▶ YOUR GOAL
Repeat verbatim, and only, the lines of the data below, beginning at the line that contains "link in a slot." and stopping after the line that contains "fn want_links(&mut self)".

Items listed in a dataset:
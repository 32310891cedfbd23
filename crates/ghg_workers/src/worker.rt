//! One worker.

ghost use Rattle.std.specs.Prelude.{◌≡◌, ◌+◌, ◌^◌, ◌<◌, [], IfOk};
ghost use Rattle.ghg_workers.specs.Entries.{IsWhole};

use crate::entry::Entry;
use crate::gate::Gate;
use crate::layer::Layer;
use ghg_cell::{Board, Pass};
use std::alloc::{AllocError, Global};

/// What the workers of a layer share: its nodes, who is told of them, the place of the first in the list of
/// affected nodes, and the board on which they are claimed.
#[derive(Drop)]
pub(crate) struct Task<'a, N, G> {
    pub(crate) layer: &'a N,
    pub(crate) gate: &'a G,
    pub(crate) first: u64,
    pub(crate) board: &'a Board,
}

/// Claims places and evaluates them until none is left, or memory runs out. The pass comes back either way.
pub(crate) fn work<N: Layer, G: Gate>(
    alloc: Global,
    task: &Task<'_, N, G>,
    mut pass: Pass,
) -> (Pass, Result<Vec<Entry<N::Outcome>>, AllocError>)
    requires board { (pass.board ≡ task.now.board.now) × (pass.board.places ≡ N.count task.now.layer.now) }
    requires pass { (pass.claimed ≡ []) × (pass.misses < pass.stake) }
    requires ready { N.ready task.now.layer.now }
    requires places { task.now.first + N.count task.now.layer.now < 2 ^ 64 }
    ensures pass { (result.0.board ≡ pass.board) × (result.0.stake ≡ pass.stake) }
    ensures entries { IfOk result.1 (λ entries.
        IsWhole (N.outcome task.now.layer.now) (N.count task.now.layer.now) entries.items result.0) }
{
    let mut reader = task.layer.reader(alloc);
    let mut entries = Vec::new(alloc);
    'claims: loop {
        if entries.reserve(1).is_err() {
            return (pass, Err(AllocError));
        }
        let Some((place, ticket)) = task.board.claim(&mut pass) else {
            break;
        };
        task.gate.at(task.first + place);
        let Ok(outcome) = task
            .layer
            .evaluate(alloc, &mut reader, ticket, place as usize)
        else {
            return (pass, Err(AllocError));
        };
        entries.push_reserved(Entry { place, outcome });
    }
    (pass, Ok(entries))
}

---

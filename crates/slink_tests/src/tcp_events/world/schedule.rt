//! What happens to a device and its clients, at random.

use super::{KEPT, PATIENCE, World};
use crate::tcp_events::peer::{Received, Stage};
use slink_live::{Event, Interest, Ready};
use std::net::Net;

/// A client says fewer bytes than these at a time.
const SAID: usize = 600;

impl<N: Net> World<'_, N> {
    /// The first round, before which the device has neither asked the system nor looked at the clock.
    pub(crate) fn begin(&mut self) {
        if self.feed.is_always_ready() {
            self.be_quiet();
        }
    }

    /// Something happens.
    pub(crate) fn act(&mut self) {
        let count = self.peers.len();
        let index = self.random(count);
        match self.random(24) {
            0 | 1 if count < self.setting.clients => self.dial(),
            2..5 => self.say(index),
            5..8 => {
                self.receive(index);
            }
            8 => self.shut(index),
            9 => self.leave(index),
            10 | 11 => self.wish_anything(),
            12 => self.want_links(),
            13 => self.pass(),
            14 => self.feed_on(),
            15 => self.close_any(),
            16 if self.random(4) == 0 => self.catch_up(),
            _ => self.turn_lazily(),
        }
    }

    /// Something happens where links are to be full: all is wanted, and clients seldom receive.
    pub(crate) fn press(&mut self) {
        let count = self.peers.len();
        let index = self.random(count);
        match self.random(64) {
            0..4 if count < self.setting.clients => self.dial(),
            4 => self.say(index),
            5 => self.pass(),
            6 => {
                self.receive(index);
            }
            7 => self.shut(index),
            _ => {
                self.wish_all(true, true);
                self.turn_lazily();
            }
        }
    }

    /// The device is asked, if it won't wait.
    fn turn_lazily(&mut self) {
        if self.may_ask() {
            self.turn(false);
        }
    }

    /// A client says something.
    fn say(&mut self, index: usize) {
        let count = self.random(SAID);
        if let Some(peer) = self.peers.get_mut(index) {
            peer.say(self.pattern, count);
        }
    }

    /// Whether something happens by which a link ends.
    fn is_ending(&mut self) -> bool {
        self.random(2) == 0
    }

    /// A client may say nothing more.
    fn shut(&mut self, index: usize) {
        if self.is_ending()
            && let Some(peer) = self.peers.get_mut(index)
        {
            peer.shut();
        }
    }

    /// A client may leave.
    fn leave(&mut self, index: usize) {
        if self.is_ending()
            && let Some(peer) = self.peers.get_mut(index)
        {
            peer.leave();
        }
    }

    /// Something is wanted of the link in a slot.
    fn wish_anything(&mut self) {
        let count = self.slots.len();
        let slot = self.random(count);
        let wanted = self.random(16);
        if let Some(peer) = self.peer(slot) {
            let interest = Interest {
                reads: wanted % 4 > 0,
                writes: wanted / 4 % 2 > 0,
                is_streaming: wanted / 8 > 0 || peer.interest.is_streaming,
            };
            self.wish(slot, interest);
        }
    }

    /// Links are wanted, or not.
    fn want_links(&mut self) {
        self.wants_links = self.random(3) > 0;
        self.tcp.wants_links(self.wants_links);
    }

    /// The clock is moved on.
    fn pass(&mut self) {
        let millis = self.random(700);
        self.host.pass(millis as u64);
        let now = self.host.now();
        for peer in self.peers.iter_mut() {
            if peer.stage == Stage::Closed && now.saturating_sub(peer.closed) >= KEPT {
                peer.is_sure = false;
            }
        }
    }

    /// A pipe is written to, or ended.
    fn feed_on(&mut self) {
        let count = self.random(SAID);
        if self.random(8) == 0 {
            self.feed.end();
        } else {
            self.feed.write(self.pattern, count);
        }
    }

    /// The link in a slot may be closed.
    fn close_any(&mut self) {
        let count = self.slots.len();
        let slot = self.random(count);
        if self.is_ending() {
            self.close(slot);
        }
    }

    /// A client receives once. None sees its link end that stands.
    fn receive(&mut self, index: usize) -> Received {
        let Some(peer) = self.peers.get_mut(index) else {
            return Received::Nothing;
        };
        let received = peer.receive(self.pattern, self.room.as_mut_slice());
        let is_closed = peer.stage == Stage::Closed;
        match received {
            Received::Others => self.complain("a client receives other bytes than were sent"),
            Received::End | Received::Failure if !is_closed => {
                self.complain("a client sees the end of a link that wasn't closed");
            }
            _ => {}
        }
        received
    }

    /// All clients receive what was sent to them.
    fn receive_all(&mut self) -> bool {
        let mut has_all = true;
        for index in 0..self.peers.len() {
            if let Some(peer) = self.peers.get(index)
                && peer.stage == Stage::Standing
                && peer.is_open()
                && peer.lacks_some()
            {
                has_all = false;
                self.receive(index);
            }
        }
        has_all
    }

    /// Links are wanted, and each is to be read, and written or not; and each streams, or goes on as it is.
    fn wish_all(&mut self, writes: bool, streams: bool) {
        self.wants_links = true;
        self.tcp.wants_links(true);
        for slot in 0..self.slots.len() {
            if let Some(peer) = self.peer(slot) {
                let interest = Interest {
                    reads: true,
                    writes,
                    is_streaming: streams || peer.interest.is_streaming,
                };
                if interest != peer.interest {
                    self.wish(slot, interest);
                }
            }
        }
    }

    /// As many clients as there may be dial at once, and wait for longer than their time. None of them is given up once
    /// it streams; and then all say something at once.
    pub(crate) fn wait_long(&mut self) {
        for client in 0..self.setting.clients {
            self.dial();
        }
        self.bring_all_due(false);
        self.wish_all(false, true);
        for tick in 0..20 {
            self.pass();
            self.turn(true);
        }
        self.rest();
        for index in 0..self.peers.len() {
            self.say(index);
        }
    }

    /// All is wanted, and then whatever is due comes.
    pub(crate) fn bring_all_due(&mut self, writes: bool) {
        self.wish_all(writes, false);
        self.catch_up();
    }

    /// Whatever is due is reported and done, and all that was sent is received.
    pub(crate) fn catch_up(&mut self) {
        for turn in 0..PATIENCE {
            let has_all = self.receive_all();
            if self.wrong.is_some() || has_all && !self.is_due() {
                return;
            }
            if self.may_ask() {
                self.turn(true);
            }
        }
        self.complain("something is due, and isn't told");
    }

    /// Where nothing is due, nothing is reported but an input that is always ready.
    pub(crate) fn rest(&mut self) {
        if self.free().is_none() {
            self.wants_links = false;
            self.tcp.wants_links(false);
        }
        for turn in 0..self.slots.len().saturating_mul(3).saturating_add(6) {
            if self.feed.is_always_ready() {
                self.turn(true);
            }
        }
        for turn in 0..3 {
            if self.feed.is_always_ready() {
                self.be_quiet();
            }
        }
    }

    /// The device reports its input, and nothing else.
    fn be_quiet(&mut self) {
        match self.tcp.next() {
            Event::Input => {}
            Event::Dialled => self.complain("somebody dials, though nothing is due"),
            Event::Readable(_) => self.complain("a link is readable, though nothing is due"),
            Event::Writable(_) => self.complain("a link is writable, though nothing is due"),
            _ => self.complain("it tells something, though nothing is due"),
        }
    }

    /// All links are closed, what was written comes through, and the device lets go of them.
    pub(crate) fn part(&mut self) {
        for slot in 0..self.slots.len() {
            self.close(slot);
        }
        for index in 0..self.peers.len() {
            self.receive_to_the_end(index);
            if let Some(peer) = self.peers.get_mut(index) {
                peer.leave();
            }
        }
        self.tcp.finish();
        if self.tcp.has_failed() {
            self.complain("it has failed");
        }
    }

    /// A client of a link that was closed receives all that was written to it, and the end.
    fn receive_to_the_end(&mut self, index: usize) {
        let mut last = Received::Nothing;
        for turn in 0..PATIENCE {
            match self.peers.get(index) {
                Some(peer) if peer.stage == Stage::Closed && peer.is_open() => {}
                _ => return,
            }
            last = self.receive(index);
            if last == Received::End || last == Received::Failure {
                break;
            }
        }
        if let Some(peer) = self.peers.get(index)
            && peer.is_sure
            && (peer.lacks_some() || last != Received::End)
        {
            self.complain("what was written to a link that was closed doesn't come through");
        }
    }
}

▶ SOLUTION TO THIS EXERCISE
    /// Something is wanted of the link in a slot.
    fn wish_anything(&mut self) {
        let count = self.slots.len();
        let slot = self.random(count);
        let wanted = self.random(16);
        if let Some(peer) = self.peer(slot) {
            let interest = Interest {
                reads: wanted % 4 > 0,
                writes: wanted / 4 % 2 > 0,
                is_streaming: wanted / 8 > 0 || peer.interest.is_streaming,
            };
            self.wish(slot, interest);
        }
    }

    /// Links are wanted, or not.
    fn want_links(&mut self) {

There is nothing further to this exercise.